Masticatory Muscles, Bite Force, TMD, Bruxism, and Trismus

• The masticatory muscles include the MASSETER (elevates mandible; powerful biting), TEMPORALIS (elevates and retracts mandible), MEDIAL PTERYGOID (elevates and contributes to lateral movement), and LATERAL PTERYGOID (protrudes mandible; the inferior head opens the jaw); all are innervated by the mandibular division of CN V (V3).
• Bite force varies by position (highest at first molar, lowest at incisors), gender, age, and dentition status; routine measurements help in occlusal analysis but vary widely.
• TMD (temporomandibular disorder) often involves masticatory muscle dysfunction (myofascial pain), joint disease, or both; bruxism (parafunctional clenching/grinding, often nocturnal) is a recognized contributor; first-line care includes patient education, soft diet, jaw rest, NSAIDs, occlusal appliance therapy, and physical therapy.

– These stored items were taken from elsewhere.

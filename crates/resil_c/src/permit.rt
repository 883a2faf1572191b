//! The permits: each thread has a handle to its own pass, which is on the heap together with its permits.
//!
//! No call waits for another thread. The header is `include/resil_permit.h`.

pub mod exports;
pub mod handle;
pub mod owned_pass;
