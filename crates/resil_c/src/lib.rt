//! The proved permits, the proved rule of a pool and the proved waits of a retry for C, and for languages that call C:
//! `resil_permit`, `resil_rule` and the intervals of `resil_retry`, under C names.
//!
//! A caller in C has a handle, which is one pointer, to a pass or a pool on the heap. A handle goes into a call by
//! value, which empties the caller's copy, and comes back through `back`. In the logic it owns what it points to, so
//! each clause of the libraries below is stated again for the handle's value. The headers are in `include/`.
#![tactic(auto)]

mod box_parts;
pub mod permit;
pub mod pool;
pub mod retry;

// What calls return for an empty handle.
const EMPTY: u8 = 255;
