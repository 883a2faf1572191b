//! The waits of a retry: the intervals of `resil_retry`, for a service that waits itself.
//!
//! An interval is plain data, which the caller keeps: no call here takes memory, and none waits. The header is
//! `include/resil_retry.h`.

pub mod exports;
pub mod interval;
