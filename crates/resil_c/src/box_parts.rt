//! A box on the heap, taken apart into its pointer and its allocator. A handle consists of these.
//!
//! Only the functions here and in the two files `handle.rt` touch a pointer.
ghost use Rattle.std.specs.Prelude.{◌≡◌};
ghost use Rattle.std_alloc.specs.Box.Ownership.{box_owns};

use std::alloc::Allocator;
use std::marker::Model;

// A box's pointer with its allocator. It owns what the box owned.
pub(crate) struct BoxParts<T, A: Allocator> {
    // The address of the value.
    pub(crate) at: *mut T,
    // The allocator that frees it.
    pub(crate) alloc: A,
    // The value.
    pub(crate) ghost value: { T },
}

impl<T, A: Allocator> Model for BoxParts<T, A> {
    ghost also_owns = { λ p. box_owns (A.dealloc_token p.alloc) T.row p.at p.value };
}

impl<T: Drop, A: Allocator> BoxParts<T, A> {
    // The parts of a box.
    pub(crate) fn of(whole: Box<T, A>) -> BoxParts<T, A>
        ensures { result.value ≡ whole.value }
    {
        let (at, alloc) = Box::into_raw_with_allocator(whole);
        BoxParts { at, alloc }
    }

    // The box of these parts.
    pub(crate) fn into_box(self) -> Box<T, A>
        ensures { result.value ≡ self.value }
    {
        let BoxParts { at, alloc } = self;
        unsafe { Box::from_raw(alloc, at) }
    }
}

• TRISMUS (limited mouth opening) has a broad differential: muscular (masticatory muscle spasm, myofascial pain), joint (arthritis, ankylosis, disc displacement), inflammatory (odontogenic infection, pericoronitis), traumatic (mandibular fracture, hematoma after IAN block), neoplastic (oral, oropharyngeal cancer), and systemic (scleroderma, tetanus).